═════ Entries provided ═════

//! The records of an image.
ghost use Rattle.std.specs.Prelude.{IfOk};
ghost use Rattle.cpu12_asm.specs.Bytes.{IsAscending};
ghost use Rattle.srecord.specs.{Images.ImageText, Texts.GivesImage};

use crate::pieces::put_pieces;
use crate::records::put_record;
use cpu12_asm::Image;
use std::alloc::{AllocError, Global};

/// The records of bytes, and of a start.
fn text_of(alloc: Global, bytes: &[(u16, u8)], start: u16) -> Result<Vec<u8>, AllocError>
    requires { IsAscending bytes.now }
    ensures { IfOk result (λ text. ImageText bytes.now start text.items) }
{
    let mut text = Vec::new(alloc);
    put_record(alloc, &mut text, b'0', 0, b"FZ12")?;
    let count = put_pieces(alloc, &mut text, bytes)?;
    put_record(alloc, &mut text, b'5', count as u16, &[])?;
    put_record(alloc, &mut text, b'9', start, &[])?;
    Ok(text)
}

/// The records of an image, with upper-case digits, each ended by LF. They read back as the same image.
pub fn write(alloc: Global, image: &Image) -> Result<Vec<u8>, AllocError>
    ensures records { IfOk result (λ text. ImageText image.now.bytes image.now.start text.items) }
    ensures image { IfOk result (λ text. GivesImage text.items image.now) }
{
    let bytes = image.bytes.to_vec(alloc)?;
    text_of(alloc, &bytes, image.start)
}
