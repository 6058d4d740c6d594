//! Runs of a firmware over a trace, under a plan of interrupts.
//!
//! [`run_on`] resets the machine, runs the firmware to its wait loop and gives it one [`Sample`](trace_io::Sample)
//! after the other; a request of the plan is taken at the first boundary between two steps, at or after its
//! moment, where interrupts are allowed. It returns a [`Row`] for each sample and the memory of the last state;
//! [`run`] returns only the rows.
//!
//! The rows and the memory are exactly those of the run's definition over the machine's steps and interrupts, for
//! every firmware, every list of samples and every good plan: a run that reaches a byte that is no instruction, or
//! that uses up its bound on steps, ends there. All memory is allocated before the first step. [`run_on`] is a
//! [`Session`] driven to its end: a run that stops at each boundary.
//!
//! Both are runs of one form of firmware, [`form::AloneForm`], by the loop that all forms share
//! ([`run_forms::run_form`]).
#![tactic(auto)]

pub mod form;
pub mod laws;
mod rows;
mod session;

pub use rows::{Row, row_of, run, run_on};
pub use session::Session;
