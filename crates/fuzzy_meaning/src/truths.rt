//! Truths of conditions.
ghost use Rattle.std.specs.Prelude.{◌≡◌};
ghost use Rattle.fz_num.specs.Fractions.{fraction_of, IsTruth};
ghost use Rattle.fuzzy_meaning.specs.Blocks.{IsValid, IsValidCondition, HasTerm, AreInputs};
ghost use Rattle.fuzzy_meaning.specs.Meaning.{literal_degree, truth as truth_of};

use crate::block::Block;
use crate::condition::{Condition, Node};
use crate::degrees::{NONE, ONE, degree};
use fz_num::{Dec, Frac};

/// The truth of a condition for the input values `xs`: the degree, one minus, the least, the greatest.
pub fn truth(condition: &Condition, block: &Block, xs: &[Dec]) -> Frac
    requires condition { IsValidCondition block.now condition.now }
    requires block { IsValid block.now }
    requires xs { AreInputs block.now xs.now }
    ensures value { fraction_of result ≡ truth_of (literal_degree block.now xs.now) condition.now }
    ensures truth { IsTruth 4000000000 result }
{
    match &condition.node {
        Node::Is(input, term) => literal(block, *input, *term, xs),
        Node::Not(inner) => truth(inner, block, xs).one_minus(),
        Node::And(parts) => {
            let mut least = ONE;
            for k in (0..parts.len()).rev() {
                least = truth(&parts[k], block, xs).min(least);
            }
            least
        }
        Node::Or(parts) => {
            let mut greatest = NONE;
            for k in (0..parts.len()).rev() {
                greatest = truth(&parts[k], block, xs).max(greatest);
            }
            greatest
        }
    }
}

fn literal(block: &Block, input: u8, term: u8, xs: &[Dec]) -> Frac
    requires term { HasTerm block.now input term }
    requires block { IsValid block.now }
    requires xs { AreInputs block.now xs.now }
    ensures value { fraction_of result ≡ literal_degree block.now xs.now input term }
    ensures truth { IsTruth 4000000000 result }
{
    let place = input as usize - 1;
    let terms = block.inputs.as_slice()[place].terms.as_slice();
    degree(&terms[term as usize - 1], xs[place])
}
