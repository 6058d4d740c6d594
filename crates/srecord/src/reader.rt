//! Images from records.
ghost use Rattle.std.specs.Prelude.{◌≡◌, ◌≢◌, ◌≤◌, ◌<◌, ◌+◌, ℕ, List, [], ◌∷◌, ◌++◌, length, IfOk, IfErr, OnOk, Ok};
ghost use Rattle.std.specs.Prelude.{true, false};
ghost use Rattle.cpu12_asm.specs.Bytes.{byte_at};
ghost use Rattle.srecord.specs.Texts.{GivesImage, HasFault, IsFree, IsTaken, with_bytes};

use crate::fault::SrecFault;
use crate::fields::{Fields, Kind, fields_of, opened};
use crate::lines::cut_line;
use cpu12_asm::{ByteMap, Image};
use std::alloc::Global;

/// What the lines read so far give.
#[derive(Drop)]
struct Reader {
    bytes: ByteMap,
    /// The number of records of bytes.
    records: u32,
    start: Option<u16>,
}

impl Reader {
    ghost use Rattle.srecord.specs.Texts.{Give, Given, LineFails, MayFollow, RecordFails, given_with};
    ghost use Rattle.srecord.specs.Reading.{Has};

    /// Adds what a record gives.
    fn take_record(&mut self, kind: Kind, fields: &Fields<'_>, number: u32) -> Result<(), SrecFault>
        requires room { kind ≡ Kind.Bytes → fields.now.address + length fields.now.payload.now ≤ 65536 }
        requires few { self.old.records < number }
        ensures few { OnOk result (self.new.records ≤ number) }
        ensures follows { (g : Given) → Has self.old g
            → OnOk result (MayFollow g kind fields.now.address fields.now.payload.now
            × Has self.new (given_with g kind fields.now.address fields.now.payload.now)) }
        ensures fault { (g : Given) → Has self.old g
            → IfErr result (λ fault. fault ≢ SrecFault.Memory
            → RecordFails g number kind fields.now.address fields.now.payload.now fault) }
    {
        match kind {
            Kind::Header => {}
            Kind::Bytes => {
                if !put_bytes(&mut self.bytes, fields.address, fields.payload)? {
                    return Err(SrecFault::Overlap(number));
                }
                self.records += 1;
            }
            Kind::Count => {
                let count = u32::from(fields.address);
                if count != self.records {
                    return Err(SrecFault::CountDiffers(count, self.records));
                }
            }
            Kind::Start => self.start = Some(fields.address),
        }
        Ok(())
    }

    /// Adds what a line gives.
    fn take_line(&mut self, alloc: Global, line: &[u8], number: u32) -> Result<(), SrecFault>
        requires few { self.old.records < number }
        ensures few { OnOk result (self.new.records ≤ number) }
        ensures given { (before : List (List ℕ)) (g : Given) → Give before g → Has self.old g
            → OnOk result ((h : Given) × Give (before ++ line.now ∷ []) h × Has self.new h) }
        ensures fault { (g : Given) → Has self.old g
            → IfErr result (λ fault. fault ≢ SrecFault.Memory → LineFails g number line.now fault) }
    {
        if self.start.is_some() {
            return Err(SrecFault::AfterEnd(number));
        }
        let (kind, bytes) = opened(alloc, line, number)?;
        let fields = fields_of(kind, &bytes, number)?;
        self.take_record(kind, &fields, number)
    }
}

/// Puts bytes one after another from an address on, and returns whether all of their addresses were free.
fn put_bytes(bytes: &mut ByteMap, address: u16, payload: &[u8]) -> Result<bool, SrecFault>
    requires { address + length payload.now ≤ 65536 }
    ensures put { result ≡ Ok true
        → (q : ℕ) → byte_at bytes.new q ≡ with_bytes (byte_at bytes.old) address payload.now q }
    ensures free { result ≡ Ok true → IsFree (byte_at bytes.old) address payload.now }
    ensures taken { result ≡ Ok false → IsTaken (byte_at bytes.old) address payload.now }
    ensures memory { IfErr result (λ fault. fault ≡ SrecFault.Memory) }
{
    for (i, byte) in payload.iter().enumerate() {
        let at = (usize::from(address) + i) as u16;
        if bytes.get(at).is_some() {
            return Ok(false);
        }
        if bytes.insert(at, *byte).is_err() {
            return Err(SrecFault::Memory);
        }
    }
    Ok(true)
}

/// The image of a text of records, or the text's first fault. Its start is the S9 record's address.
///
/// Digits and the letter S may have either case; lines end with LF or CR LF, which the last may lack. S0 and S5
/// records may be anywhere before the S9 record, or be left out.
pub fn read(alloc: Global, text: &[u8]) -> Result<Image, SrecFault>
    requires { length text.now ≤ 1048576 }
    ensures image { IfOk result (GivesImage text.now) }
    ensures fault { IfErr result (λ fault. fault ≢ SrecFault.Memory → HasFault text.now fault) }
{
    let mut reader = Reader {
        bytes: ByteMap::new(alloc),
        records: 0,
        start: None,
    };
    let mut rest = text;
    let mut count = 0;
    while !rest.is_empty() {
        let (line, behind) = cut_line(rest);
        count += 1;
        reader.take_line(alloc, line, count)?;
        rest = behind;
    }
    match reader.start {
        Some(start) => Ok(Image {
            bytes: reader.bytes,
            start,
        }),
        None => Err(SrecFault::NoEnd),
    }
}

═════

What the exercise asks: The lines above from the one with "or after its" through the one with "no instruction, or" are to be duplicated exactly, ends included, with nothing added.

Exercise response:
//! after the other; a request of the plan is taken at the first boundary between two steps, at or after its
//! moment, where interrupts are allowed. It returns a [`Row`] for each sample and the memory of the last state;
//! [`run`] returns only the rows.
//!
//! The rows and the memory are exactly those of the run's definition over the machine's steps and interrupts, for
//! every firmware, every list of samples and every good plan: a run that reaches a byte that is no instruction, or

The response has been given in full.